If you want that hasOwnProperty behave exactly same delete _a in the constructor:

class A {
    /**
     * @private
     * @var _a
     */
    private _a = undefined;

    /**
     * @public
     * @var a
     */
    public a = true;

    constructor() {
        delete this._a;
    }
}

this compiles to

var A = (function () {
    function A() {
        /**
         * @private
         * @var _a
         */
        this._a = undefined;
        /**
         * @public
         * @var a
         */
        this.a = true;
        delete this._a;
    }
    return A;
}());

Upvotes: 0

Roman Pletnev
Roman Pletnev

Reputation: 6138

Is there a trick that could make the comments stay in place?

Somewhat. You can explicitly specify the default constructor and attach the otherwise detached comments to it. Change:

class MyClass {
    /**
     * @private
     * @var _a
     */
    private _a;

    /**
     * @private
     * @var _b
     */ 
    private _b;
}

to:

class MyClass {
    /**
     * @private
     * @var _a
     */

    /**
     * @private
     * @var _b
     */

    constructor() {}

    private _a;

    private _b;
}

This will change the output from:

var MyClass = (function () {
    function MyClass() {
    }
    return MyClass;
})();

to:

var MyClass = (function () {
    /**
     * @private
     * @var _a
     */
    /**
     * @private
     * @var _b
     */
    function MyClass() {
    }
    return MyClass;
})();

Which is exactly what you want. This is the "cleanest trick" to be found.

Upvotes: 1

mk.
mk.

Reputation: 11710

Is there a trick that could make the comments stay in place?

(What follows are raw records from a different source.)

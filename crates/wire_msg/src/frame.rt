//! Bytes of any number.

ghost use Rattle.std.specs.Prelude.{◌≡◌, ◌++◌, ◌∷◌, [], IfOk, OnOk, OnErr};

use ring_math::OutOfMemory;
use std::alloc::Global;
use std::marker::Model;

/// A string of bytes: one frame, or a text.
#[derive(Drop)]
pub struct Frame {
    items: Vec<u8>,
}

impl Model for Frame {
    ghost use Rattle.std.specs.Prelude.{ℕ, List};

    ghost Value = { List ℕ };

    ghost view = { λ a. a.items.items };
}

impl Frame {
    /// No byte yet. It takes no memory.
    pub fn new(alloc: Global) -> Frame
        ensures { result ≡ [] }
    {
        Frame {
            items: Vec::new(alloc),
        }
    }

    pub fn copy_of(alloc: Global, bytes: &[u8]) -> Result<Frame, OutOfMemory>
        ensures { IfOk result (λ frame. frame ≡ bytes.now) }
    {
        let items = bytes.to_vec(alloc)?;
        Ok(Frame { items })
    }

    pub fn as_slice(&self) -> &[u8]
        ensures { result.now ≡ self.now }
    {
        &self.items
    }

    pub fn push(&mut self, item: u8) -> Result<(), OutOfMemory>
        ensures ok { OnOk result (self.new ≡ self.old ++ item ∷ []) }
        ensures err { OnErr result (self.new ≡ self.old) }
    {
        self.items.push(item)?;
        Ok(())
    }
}

/// The bytes that were written into a vector. It takes no memory.
impl From<Vec<u8>> for Frame {
    ghost from_gives = { λ bytes frame. frame ≡ bytes.items };

    fn from(bytes: Vec<u8>) -> Frame {
        Frame { items: bytes }
    }
}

You almost certainly don't actually want this. For example, the following code produces no output:

/** an interface */
interface Q { }

If the compiler were to preserve the docs, they would in many (nearly all) cases be superfluous and misleading. If that appeared above a class C, then the doc would seem to apply to the class (even more confusing if that class had no docs of its own). If I were reading the example in your question, I would wonder whether this.a was actually @private as the first doc claimed, or @public. There is no right way for other programmers and for your tools to interpret these stray docs.

The compiler preserves docs when there is a direct correspondence between the TS and JS, strictly because there is no harm in doing so (even though there is very little utility). But it does not, and should not, preserve docs that are detached from the code they apply to.

The best place to look at docs is directly in the TypeScript source (in your editor, or via sourcemaps). It's the TypeScript file that is your source, not the emitted JS: use a TypeScript doc generator. Compiled or transpiled code is not a useful place for docs, and carrying over the particular docs that the question is asking about would be misleading.